* What the task requires: Search the records below for the word "self". Pull out each line that has it.

-- Opening Marker --

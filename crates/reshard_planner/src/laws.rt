//! What the plans of the planners amount to.

ghost use Rattle.reshard_planner.specs.Laws.{ReshardsAreLegal, ReshardsMoveAll};
ghost use Rattle.reshard_planner.specs.Laws.{RebalancesAreLegal, RebalancesMoveFewest};
ghost use Rattle.reshard_planner.specs.Laws.{DrainsAreLegal, DrainsEmptySources};

/// PlannersExact: a plan that moves slots of sources to a target is legal, is read back from its text, and moves as
/// many as were asked for.
pub fn planned_reshards_are_legal()
    ensures legal { ReshardsAreLegal }
    ensures moves { ReshardsMoveAll }
{}

/// PlannersExact: a plan that rebalances is legal, is read back from its text, and leaves each node with its quota by
/// the fewest moves.
pub fn planned_rebalances_are_legal()
    ensures legal { RebalancesAreLegal }
    ensures fewest { RebalancesMoveFewest }
{}

/// PlannersExact: a plan that drains nodes is legal, is read back from its text, and leaves these nodes without slots;
/// no slot of another node moves, and the targets are as level as can be.
pub fn planned_drains_are_legal()
    ensures legal { DrainsAreLegal }
    ensures drains { DrainsEmptySources }
{}
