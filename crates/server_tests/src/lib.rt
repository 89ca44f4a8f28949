//! Tests of the administrator's port to servers, and of what stands below it, over readers and writers in memory: what
//! no contract says, such as that a call goes well where memory is ample.
#![tactic(auto)]

#[cfg(test)]
mod counting;
#[cfg(test)]
mod dead_masters;
#[cfg(test)]
mod figures;
#[cfg(test)]
mod hearing;
#[cfg(test)]
mod links;
#[cfg(test)]
mod news;
#[cfg(test)]
mod phases;
#[cfg(test)]
mod plans;
#[cfg(test)]
mod replaced;
#[cfg(test)]
mod replicas;
#[cfg(test)]
mod returning;
#[cfg(test)]
mod roles;
mod script;
mod servers;
#[cfg(test)]
mod settling;
#[cfg(test)]
mod stopping;
#[cfg(test)]
mod stranded;
#[cfg(test)]
mod surveys;
#[cfg(test)]
mod telling;
#[cfg(test)]
mod versions;
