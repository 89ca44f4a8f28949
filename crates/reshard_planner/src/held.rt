ghost use Rattle.std.specs.Prelude.{◌≡◌, ℕ, length, slice_index};
ghost use Rattle.reshard_planner.specs.Holding.{held};
ghost use Rattle.reshard_planner.specs.Starts.{Lists};

use crate::starts::range_at;
use key_slots::OwnerTable;

/// A number for each node that a cluster can have, by the node's number.
pub(crate) type PerNode = [usize; 255];

/// Nothing for each node.
pub(crate) fn nothing() -> PerNode
    ensures width { length result ≡ 255 }
    ensures none { (node : ℕ) → slice_index result node ≡ 0 }
{
    [0; 255]
}

/// How many slots each node holds.
pub(crate) fn held_by_node(owners: &OwnerTable) -> PerNode
    requires { length owners.now.owners ≡ 16384 }
    ensures { Lists (held owners.now.owners) 255 result }
{
    let starts = owners.starts();
    let mut held = nothing();
    for place in 0..starts.len() {
        let range = range_at(starts, place);
        held[usize::from(range.owner.get())] += usize::from(range.end - range.first);
    }
    held
}
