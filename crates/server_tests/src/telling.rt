//! What is told of servers' errors.
use crate::servers::text;
use byte_texts::Memory;
use server_commands::{Credentials, told};
use std::alloc::Global;
use std::process::Abort;
use std::test::Fail;

/// What a server said, and what is told of it where connections show the password `secret`.
const TOLD: &[(&[u8], &[u8])] = &[
    (b"ERR I'm \xc3\xa4 server", b"ERR I'm \\xc3\\xa4 server"),
    (
        b"ERR unknown command 'AUTH', with args beginning with: 'secret' ",
        b"ERR unknown command 'AUTH'",
    ),
    (
        b"ERR secrets are no secret\x1b[2J",
        b"ERR ***s are no ***\\x1b[2J",
    ),
    (
        b"NOAUTH Authentication required.",
        b"NOAUTH Authentication required.; set RESHARD_AUTH, and RESHARD_USER for a user of an ACL",
    ),
    (
        b"ERR Target instance replied with error: LOADING Redis is loading\x7f",
        b"ERR Target instance replied with error: LOADING Redis is loading\\x7f; \
            wait until the server has read its data",
    ),
];

#[test]
fn errors_are_told(rt: HostRuntime) -> Result<(), Fail> {
    let alloc = rt.alloc();
    for (said, wanted) in TOLD {
        let told = told_of(alloc, *said)?;
        assert!(rt; told.as_slice() == *wanted);
    }
    Ok(())
}

fn told_of(alloc: Global, said: &[u8]) -> Result<Vec<u8>, Memory> {
    let credentials = Some(Credentials {
        user: None,
        password: text(alloc, b"secret")?,
    });
    told(alloc, &credentials, said)
}
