ghost use Rattle.std.specs.Prelude.{◌≡◌, ◌≤◌, IfOk, slice_index};
ghost use Rattle.reshard_planner.specs.Sums.{sum_below};
ghost use Rattle.reshard_planner.specs.Answers.{first_version};
ghost use Rattle.reshard_planner.specs.Exchanges.{exchanged};

use crate::giving::transfers;
use crate::grouping::plan_of;
use crate::held::PerNode;
use byte_texts::Memory;
use key_slots::OwnerTable;
use plan_language::Plan;
use std::alloc::Global;

/// How many slots each node gives, and how many it takes.
#[derive(Clone, Copy)]
pub(crate) struct Exchange {
    pub(crate) gives: PerNode,
    pub(crate) takes: PerNode,
}

impl Exchange {
    /// The plan by which the nodes give and take so, at most so many keys at a time.
    pub(crate) fn plan(
        &self,
        alloc: Global,
        owners: &OwnerTable,
        batch: u16,
    ) -> Result<Plan, Memory>
        requires few { sum_below (λ node. slice_index self.now.gives node) owners.now.nodes ≤ 16384 }
        requires some { 1 ≤ batch }
        requires most { batch ≤ 1000 }
        ensures { IfOk result (λ plan. plan ≡ first_version owners.now.nodes
            (exchanged owners.now self.now.gives self.now.takes batch)) }
    {
        let nodes = owners.nodes();
        let transfers = transfers(alloc, owners, &self.gives, &self.takes)?;
        plan_of(alloc, nodes, transfers.as_slice(), batch)
    }
}
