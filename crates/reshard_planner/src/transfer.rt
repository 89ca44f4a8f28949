use key_slots::{NodeId, Slot};

/// A slot that goes from its owner to another node.
#[derive(Clone, Copy)]
pub(crate) struct Transfer {
    pub(crate) slot: Slot,
    pub(crate) source: NodeId,
    pub(crate) target: NodeId,
}
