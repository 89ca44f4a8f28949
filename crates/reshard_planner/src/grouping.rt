ghost use Rattle.std.specs.Prelude.{◌≡◌, ◌+◌, ◌≤◌, IfOk, OnOk, length};
ghost use Rattle.reshard_planner.specs.Answers.{first_version};
ghost use Rattle.plan_language.specs.Limits.{limits_of};
ghost use Rattle.std.specs.List.{AllByRecursion};
ghost use Rattle.reshard_planner.specs.Grouping.{plan_of};
ghost use Rattle.reshard_planner.specs.Writing.{IsBetween, IsOpen, open_slots, slots_written, TakesOn};

use crate::blank_plan::blank_plan;
use crate::moved_range::MovedRange;
use crate::transfer::Transfer;
use byte_texts::Memory;
use plan_language::Plan;
use std::alloc::Global;

/// The plan that makes the transfers in order, in a cluster of so many nodes: one line for each longest range of
/// consecutive slots that go the same way.
pub(crate) fn plan_of(
    alloc: Global,
    nodes: u8,
    transfers: &[Transfer],
    batch: u16,
) -> Result<Plan, Memory>
    requires few { length transfers.now ≤ 16384 }
    requires within { AllByRecursion (IsBetween nodes) transfers.now }
    requires some { 1 ≤ batch }
    requires most { batch ≤ 1000 }
    ensures { IfOk result (λ plan. plan ≡ first_version nodes (plan_of batch transfers.now)) }
{
    let mut plan = blank_plan(alloc, 1, nodes);
    let mut range = None;
    for transfer in transfers {
        range = Some(take_on(&mut plan, range, transfer, batch)?);
    }
    if let Some(range) = range {
        plan.push(range.line(batch))?;
    }
    Ok(plan)
}

/// The open range with one transfer more. Where that begins another range, the open one is written.
fn take_on(
    plan: &mut Plan,
    range: Option<MovedRange>,
    next: &Transfer,
    batch: u16,
) -> Result<MovedRange, Memory>
    requires order { IsOpen (limits_of plan.old.names).nodes range }
    requires room { slots_written plan.old.lines + open_slots range ≤ 16384 }
    requires some { 1 ≤ batch }
    requires most { batch ≤ 1000 }
    ensures taken { IfOk result
        (λ open_range. TakesOn batch plan.old.lines range next.now plan.new.lines open_range) }
    ensures version { OnOk result (plan.new.version ≡ plan.old.version) }
    ensures names { OnOk result (plan.new.names ≡ plan.old.names) }
{
    let Some(range) = range else {
        return Ok(MovedRange::of(next));
    };
    if let Some(longer) = range.with(next) {
        return Ok(longer);
    }
    plan.push(range.line(batch))?;
    Ok(MovedRange::of(next))
}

-- Closing Marker --

* Written response:
        &self,
        requires few { sum_below (λ node. slice_index self.now.gives node) owners.now.nodes ≤ 16384 }
            (exchanged owners.now self.now.gives self.now.takes batch)) }
        let transfers = transfers(alloc, owners, &self.gives, &self.takes)?;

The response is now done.